- Data to use:
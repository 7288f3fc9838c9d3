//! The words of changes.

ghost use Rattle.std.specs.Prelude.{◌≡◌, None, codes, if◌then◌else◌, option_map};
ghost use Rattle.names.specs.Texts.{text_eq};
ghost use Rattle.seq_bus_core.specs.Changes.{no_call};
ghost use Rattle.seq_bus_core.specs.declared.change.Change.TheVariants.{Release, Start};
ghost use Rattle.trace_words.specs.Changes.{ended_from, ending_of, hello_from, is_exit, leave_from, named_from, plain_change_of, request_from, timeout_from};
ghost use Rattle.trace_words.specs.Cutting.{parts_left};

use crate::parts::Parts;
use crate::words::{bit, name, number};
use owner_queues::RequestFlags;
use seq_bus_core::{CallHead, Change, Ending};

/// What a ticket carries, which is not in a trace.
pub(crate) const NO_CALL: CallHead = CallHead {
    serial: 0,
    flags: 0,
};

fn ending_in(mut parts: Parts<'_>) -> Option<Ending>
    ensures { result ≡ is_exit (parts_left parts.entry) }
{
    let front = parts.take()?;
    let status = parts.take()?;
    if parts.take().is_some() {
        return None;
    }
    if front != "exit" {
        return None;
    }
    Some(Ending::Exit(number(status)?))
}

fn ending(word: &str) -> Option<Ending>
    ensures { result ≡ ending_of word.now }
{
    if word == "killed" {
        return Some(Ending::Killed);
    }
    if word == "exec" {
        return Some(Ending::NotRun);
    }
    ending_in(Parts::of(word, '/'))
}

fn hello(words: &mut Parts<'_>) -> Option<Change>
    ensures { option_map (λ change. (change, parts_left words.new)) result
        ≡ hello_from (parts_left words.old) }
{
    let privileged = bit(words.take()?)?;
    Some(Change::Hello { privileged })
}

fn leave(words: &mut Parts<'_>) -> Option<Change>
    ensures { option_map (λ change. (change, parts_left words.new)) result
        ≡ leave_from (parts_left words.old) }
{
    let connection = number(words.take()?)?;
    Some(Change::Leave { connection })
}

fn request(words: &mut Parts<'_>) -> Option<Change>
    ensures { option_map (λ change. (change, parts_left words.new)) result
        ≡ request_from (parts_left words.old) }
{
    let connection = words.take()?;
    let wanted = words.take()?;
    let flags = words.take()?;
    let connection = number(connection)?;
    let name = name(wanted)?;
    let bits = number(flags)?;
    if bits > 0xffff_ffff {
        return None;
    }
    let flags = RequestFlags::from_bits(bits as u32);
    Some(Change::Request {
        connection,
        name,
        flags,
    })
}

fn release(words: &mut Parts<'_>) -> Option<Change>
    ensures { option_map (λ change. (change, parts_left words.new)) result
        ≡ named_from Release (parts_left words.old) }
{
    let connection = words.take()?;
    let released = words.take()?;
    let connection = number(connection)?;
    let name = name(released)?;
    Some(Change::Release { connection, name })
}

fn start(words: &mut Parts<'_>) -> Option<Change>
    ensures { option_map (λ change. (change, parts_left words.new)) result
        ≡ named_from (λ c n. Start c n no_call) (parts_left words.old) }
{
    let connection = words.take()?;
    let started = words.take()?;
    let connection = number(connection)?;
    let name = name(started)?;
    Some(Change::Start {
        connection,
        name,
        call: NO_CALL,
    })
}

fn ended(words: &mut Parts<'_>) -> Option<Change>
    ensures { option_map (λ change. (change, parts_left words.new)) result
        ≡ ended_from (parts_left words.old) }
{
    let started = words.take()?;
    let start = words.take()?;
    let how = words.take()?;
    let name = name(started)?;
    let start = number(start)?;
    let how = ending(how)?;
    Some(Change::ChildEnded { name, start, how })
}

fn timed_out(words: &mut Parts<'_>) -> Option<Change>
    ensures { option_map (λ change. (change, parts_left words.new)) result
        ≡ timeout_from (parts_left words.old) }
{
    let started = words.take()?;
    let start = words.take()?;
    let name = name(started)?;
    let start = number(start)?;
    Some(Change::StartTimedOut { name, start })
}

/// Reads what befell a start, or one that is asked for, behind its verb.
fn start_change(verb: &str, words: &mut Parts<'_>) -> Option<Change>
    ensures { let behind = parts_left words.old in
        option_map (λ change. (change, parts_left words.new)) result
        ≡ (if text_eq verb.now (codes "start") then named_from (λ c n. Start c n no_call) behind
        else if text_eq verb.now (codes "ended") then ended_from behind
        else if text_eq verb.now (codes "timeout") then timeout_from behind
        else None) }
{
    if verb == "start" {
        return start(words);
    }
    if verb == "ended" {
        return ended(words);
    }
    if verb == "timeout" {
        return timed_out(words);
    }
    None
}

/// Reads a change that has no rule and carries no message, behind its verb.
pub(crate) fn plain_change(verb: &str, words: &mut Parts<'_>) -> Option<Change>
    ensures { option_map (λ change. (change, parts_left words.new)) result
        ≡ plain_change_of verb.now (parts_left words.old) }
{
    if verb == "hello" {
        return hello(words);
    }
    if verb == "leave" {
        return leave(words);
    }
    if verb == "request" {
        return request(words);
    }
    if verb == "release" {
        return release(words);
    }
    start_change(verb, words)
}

- Exercise objective: Extract the lines above, from the first one through the one containing "fn request(words: &mut", and return only those, unchanged.

- Your response:
repository 7288f3fc9838c9d3
//! The words of changes.

ghost use Rattle.std.specs.Prelude.{◌≡◌, None, codes, if◌then◌else◌, option_map};
ghost use Rattle.names.specs.Texts.{text_eq};
ghost use Rattle.seq_bus_core.specs.Changes.{no_call};
ghost use Rattle.seq_bus_core.specs.declared.change.Change.TheVariants.{Release, Start};
ghost use Rattle.trace_words.specs.Changes.{ended_from, ending_of, hello_from, is_exit, leave_from, named_from, plain_change_of, request_from, timeout_from};
ghost use Rattle.trace_words.specs.Cutting.{parts_left};

use crate::parts::Parts;
use crate::words::{bit, name, number};
use owner_queues::RequestFlags;
use seq_bus_core::{CallHead, Change, Ending};

/// What a ticket carries, which is not in a trace.
pub(crate) const NO_CALL: CallHead = CallHead {
    serial: 0,
    flags: 0,
};

fn ending_in(mut parts: Parts<'_>) -> Option<Ending>
    ensures { result ≡ is_exit (parts_left parts.entry) }
{
    let front = parts.take()?;
    let status = parts.take()?;
    if parts.take().is_some() {
        return None;
    }
    if front != "exit" {
        return None;
    }
    Some(Ending::Exit(number(status)?))
}

fn ending(word: &str) -> Option<Ending>
    ensures { result ≡ ending_of word.now }
{
    if word == "killed" {
        return Some(Ending::Killed);
    }
    if word == "exec" {
        return Some(Ending::NotRun);
    }
    ending_in(Parts::of(word, '/'))
}

fn hello(words: &mut Parts<'_>) -> Option<Change>
    ensures { option_map (λ change. (change, parts_left words.new)) result
        ≡ hello_from (parts_left words.old) }
{
    let privileged = bit(words.take()?)?;
    Some(Change::Hello { privileged })
}

fn leave(words: &mut Parts<'_>) -> Option<Change>
    ensures { option_map (λ change. (change, parts_left words.new)) result
        ≡ leave_from (parts_left words.old) }
{
    let connection = number(words.take()?)?;
    Some(Change::Leave { connection })
}

fn request(words: &mut Parts<'_>) -> Option<Change>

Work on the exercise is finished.